(Material for this task begins)
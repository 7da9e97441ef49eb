// Taking a rule out of the rules that three lent slices hold.
#![tactic(auto)]

mod removing;

pub use removing::remove_rule;
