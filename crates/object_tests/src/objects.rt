//! The text of an image.
use crate::pipe::pipe;
use object_io::write_object;
use std::test::Fail;

#[test]
fn writes_the_object_of_a_pipe(rt: HostRuntime) -> Result<(), Fail> {
    let wanted = "systole 2\narray 1 x 2\nbuffer 0\nbound 6\n\
        message 0 from 0 to 1 length 1 label 0 route 1\n\
        link 1 queues 1 groups 0:0\n\
        cell 0 takes 0 emits 0 words 0 counters 0 stack 1\npush 7\nwrite 0\nhalt\n\
        cell 1 takes 0 emits 1 words 1 counters 0 stack 1\nread 0 0\nload 0\nemit\nhalt\nend\n";
    let Some(image) = pipe(rt.alloc())? else {
        return Err("no grid".into());
    };
    let text = write_object(rt.alloc(), &image)?;
    assert_eq!(rt; text.as_slice(), wanted.as_bytes());
    Ok(())
}
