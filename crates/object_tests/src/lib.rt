//! Tests of objects as text. They stand apart, since a crate with tests is proved twice.
#![tactic(auto)]

#[cfg(test)]
mod objects;
#[cfg(test)]
mod pipe;
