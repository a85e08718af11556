ghost use Rattle.std.specs.Prelude.{◌≡◌, [], ◌∷◌, IfOk, IfSome, pos};
ghost use Rattle.cell_code.specs.Images.{IsListed};
ghost use Rattle.cell_code.specs.declared.instruction.Instr.TheVariants.{Push, Load, Write, Read, Emit, Halt};

use cell_code::{
    CellImage, Group, Image, Instr, LinkImage, MessageImage, checked_cells_are_shaped,
};
use std::alloc::{AllocError, Global};
use sys_base::{Grid, Items};

/// The image of a pipe: the first cell writes 7 to the second one, which emits it.
pub fn pipe(alloc: Global) -> Result<Option<Image>, AllocError>
    ensures { IfOk result (λ image. IfSome image IsListed) }
{
    checked_cells_are_shaped();
    let messages = messages(alloc)?;
    let links = links(alloc)?;
    let cells = cells(alloc)?;
    let Some(grid) = Grid::new(1, 2) else {
        return Ok(None);
    };
    Ok(Some(Image {
        grid,
        buffer: 0,
        bound: 6,
        messages,
        links,
        cells,
    }))
}

fn messages(alloc: Global) -> Result<Items<MessageImage>, AllocError>
    ensures { IfOk result (λ messages. messages
        ≡ record { from = 0; to = 1; length = 1; label = 0; route = 1 ∷ [] } ∷ []) }
{
    let mut messages = Items::new(alloc);
    messages.push(MessageImage {
        from: 0,
        to: 1,
        length: 1,
        label: 0,
        route: Items::from_slice(alloc, &[1])?,
    })?;
    Ok(messages)
}

fn links(alloc: Global) -> Result<Items<LinkImage>, AllocError>
    ensures { IfOk result (λ links. links
        ≡ record { link = 1; queues = 1; groups = record { label = 0; members = 0 ∷ [] } ∷ [] } ∷ []) }
{
    let mut groups = Items::new(alloc);
    groups.push(Group {
        label: 0,
        members: Items::from_slice(alloc, &[0])?,
    })?;
    let mut links = Items::new(alloc);
    links.push(LinkImage {
        link: 1,
        queues: 1,
        groups,
    })?;
    Ok(links)
}

fn cells(alloc: Global) -> Result<Items<CellImage>, AllocError>
    ensures { IfOk result (λ cells. cells
        ≡ record { takes = 0; emits = 0; words = 0; counters = 0; stack = 1; code = Push (pos 7) ∷ Write 0 ∷ Halt ∷ [] }
        ∷ record { takes = 0; emits = 1; words = 1; counters = 0; stack = 1; code = Read 0 0 ∷ Load 0 ∷ Emit ∷ Halt ∷ [] }
        ∷ []) }
{
    let mut cells = Items::new(alloc);
    cells.push(writer(alloc)?)?;
    cells.push(reader(alloc)?)?;
    Ok(cells)
}

fn writer(alloc: Global) -> Result<CellImage, AllocError>
    ensures { IfOk result (λ cell. cell ≡ record {
      takes = 0;
      emits = 0;
      words = 0;
      counters = 0;
      stack = 1;
      code = Push (pos 7) ∷ Write 0 ∷ Halt ∷ [];
    }) }
{
    let code = Items::from_slice(alloc, &[Instr::Push(7), Instr::Write(0), Instr::Halt])?;
    Ok(CellImage {
        takes: 0,
        emits: 0,
        words: 0,
        counters: 0,
        stack: 1,
        code,
    })
}

fn reader(alloc: Global) -> Result<CellImage, AllocError>
    ensures { IfOk result (λ cell. cell ≡ record {
      takes = 0;
      emits = 1;
      words = 1;
      counters = 0;
      stack = 1;
      code = Read 0 0 ∷ Load 0 ∷ Emit ∷ Halt ∷ [];
    }) }
{
    let read = Instr::Read {
        message: 0,
        word: 0,
    };
    let code = Items::from_slice(alloc, &[read, Instr::Load(0), Instr::Emit, Instr::Halt])?;
    Ok(CellImage {
        takes: 0,
        emits: 1,
        words: 1,
        counters: 0,
        stack: 1,
        code,
    })
}
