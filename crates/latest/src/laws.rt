//! Laws of the definitions. The function does nothing when it runs: its contract is the law.
ghost use Rattle.latest.specs.Latest.{TopIsOne};

/// Of versions that fit one path, at most one is the top, and at most one is the top of those that a
/// go.mod does not retract.
pub fn top_is_one()
    ensures { TopIsOne }
{}
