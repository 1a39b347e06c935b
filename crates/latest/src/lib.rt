//! Which version of a path is the latest. (Go Modules Reference, "GOPROXY protocol", on `@latest`.)
//!
//! Rank puts releases above pre-releases above pseudo-versions. The go.mod of the highest version of a path
//! retracts versions by closed intervals, which may contain the highest version itself. The latest version is
//! the highest one that this go.mod does not retract.
//!
//! | versions | the highest retracts | latest |
//! |---|---|---|
//! | `v1.0.0`, `v1.1.0` | `[v1.0.5, v1.1.0]` | `v1.0.0` |
//! | `v1.1.0`, `v1.2.0-rc.1` | nothing: the highest is `v1.1.0` | `v1.1.0` |
//! | `v1.0.0` | `v1.0.0` | none |
#![tactic(auto)]

pub mod laws;

ghost use Rattle.std.specs.Prelude.{◌≡◌, ◌<◌, ◌+◌, IfOk, List, Option, Some, length, slice_get};
ghost use Rattle.gomod.specs.Module.{GoModule};
ghost use Rattle.latest.specs.Latest.{CountsBy, IsBest, NamesTop, among, counting, counts, is_higher, unretracted};
ghost use Rattle.modver.specs.SemanticVersion.{SemanticVersion};

use gomod::GoMod;
use modver::{Version, rank_compare};
use std::alloc::{AllocError, Global};
use std::cmp::Ordering;

/// Returns the index of the highest version by rank, or `None` if there are no versions. It takes no memory.
pub fn top(versions: &[Version]) -> Option<usize>
    ensures { NamesTop versions.now (among versions.now) result }
{
    top_of(versions, Counting::All)
}

/// Returns the index of the highest version by rank that a go.mod does not retract, or `None` if it retracts every
/// version. It takes no memory. It may compare each version with each retraction, where [`latest_of`] compares few.
pub fn latest(versions: &[Version], gomod: &GoMod) -> Option<usize>
    ensures { NamesTop versions.now (unretracted versions.now gomod.now) result }
{
    top_of(versions, Counting::NotRetractedBy(gomod))
}

/// Returns the index of the highest version by rank that a go.mod does not retract, or `None` if it retracts every
/// version. It fails only if memory runs out. If the versions ascend by precedence, it compares each retraction with
/// few of them.
pub fn latest_of(
    alloc: Global,
    versions: &[Version],
    gomod: &GoMod,
) -> Result<Option<usize>, AllocError>
    ensures { IfOk result (λ index. NamesTop versions.now (unretracted versions.now gomod.now) index) }
{
    let retracted = gomod.retracted(alloc, versions)?;
    Ok(top_of(versions, Counting::Unflagged(&retracted)))
}

/// Which versions of a list count.
#[derive(Clone, Copy, Drop)]
enum Counting<'a> {
    All,
    /// Those that a go.mod does not retract.
    NotRetractedBy(&'a GoMod),
    /// Those whose flags are false. The flags are in the order of the versions.
    Unflagged(&'a [bool]),
}

/// Whether the version at an index counts.
fn counts(which: Counting, version: &Version, index: usize) -> bool
    ensures { (vs : List SemanticVersion) (m : Option GoModule) → CountsBy vs m which.entry
        → slice_get vs index ≡ Some version.now → result ≡ counts m version.now }
{
    match which {
        Counting::All => true,
        Counting::NotRetractedBy(gomod) => !gomod.retracts(version),
        Counting::Unflagged(flags) => flags.get(index) == Some(&false),
    }
}

/// Returns the index of the highest version that counts, or `None` if none does.
fn top_of(versions: &[Version], which: Counting) -> Option<usize>
    ensures { (m : Option GoModule) → CountsBy versions.now m which.entry
        → NamesTop versions.now (counting versions.now m) result }
{
    let mut highest = None;
    for index in 0..versions.len() {
        highest = better(versions, which, index, highest);
    }
    highest
}

/// Returns the index of the highest version that counts among those up to `index`, from the index of the highest before
/// `index`. A version that is not above that one is not compared with the retractions.
fn better(
    versions: &[Version],
    which: Counting,
    index: usize,
    highest: Option<usize>,
) -> Option<usize>
    requires { index < length versions.now }
    ensures { (m : Option GoModule) → CountsBy versions.now m which.entry
        → IsBest versions.now m index highest → IsBest versions.now m (index + 1) result }
{
    let version = &versions[index];
    if !is_higher(versions, version, highest) {
        return highest;
    }
    if !counts(which, version, index) {
        return highest;
    }
    Some(index)
}

/// Whether a version is above the one at an index, or there is no version at the index.
fn is_higher(versions: &[Version], version: &Version, highest: Option<usize>) -> bool
    ensures { result ≡ is_higher versions.now version.now highest }
{
    match highest {
        None => true,
        Some(index) => match versions.get(index) {
            None => true,
            Some(other) => rank_compare(version, other) == Ordering::Greater,
        },
    }
}
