//! Laws of the definitions: what the lists of a check come to.

ghost use Rattle.court_file_check.specs.Faults.{FaultsBeginWithTheCourts};
ghost use Rattle.court_file_check.specs.Review.{ReviewIsExact, ReviewIsInOrder};

/// The first fault of the list is the one that the court's file has when it is read as a court, and there is none exactly
/// where it gives a court.
pub fn faults_begin_with_the_courts()
    ensures { FaultsBeginWithTheCourts }
{}

/// A review has a day exactly where it's one of the span and passes: a day is said to be lacking where it is due, is no
/// Saturday or Sunday, and isn't in the federal list.
pub fn review_is_exact()
    ensures { ReviewIsExact }
{}

/// Days are in their order, each once.
pub fn review_is_in_order()
    ensures { ReviewIsInOrder }
{}
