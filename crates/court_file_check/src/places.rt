//! Where each key, value and item is in the text of a court's file.

mod keys;
mod marks;
mod place;
mod scan;
mod tokens;

pub use keys::key_of;
pub use marks::{Mark, Part, Places};
pub use place::{Place, place_at};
(Material for this task ends)
Search the records for the word "messages", then list every line that has it.

    let messages = messages(alloc)?;
        messages,
fn messages(alloc: Global) -> Result<Items<MessageImage>, AllocError>
    ensures { IfOk result (λ messages. messages
    let mut messages = Items::new(alloc);
    messages.push(MessageImage {
    Ok(messages)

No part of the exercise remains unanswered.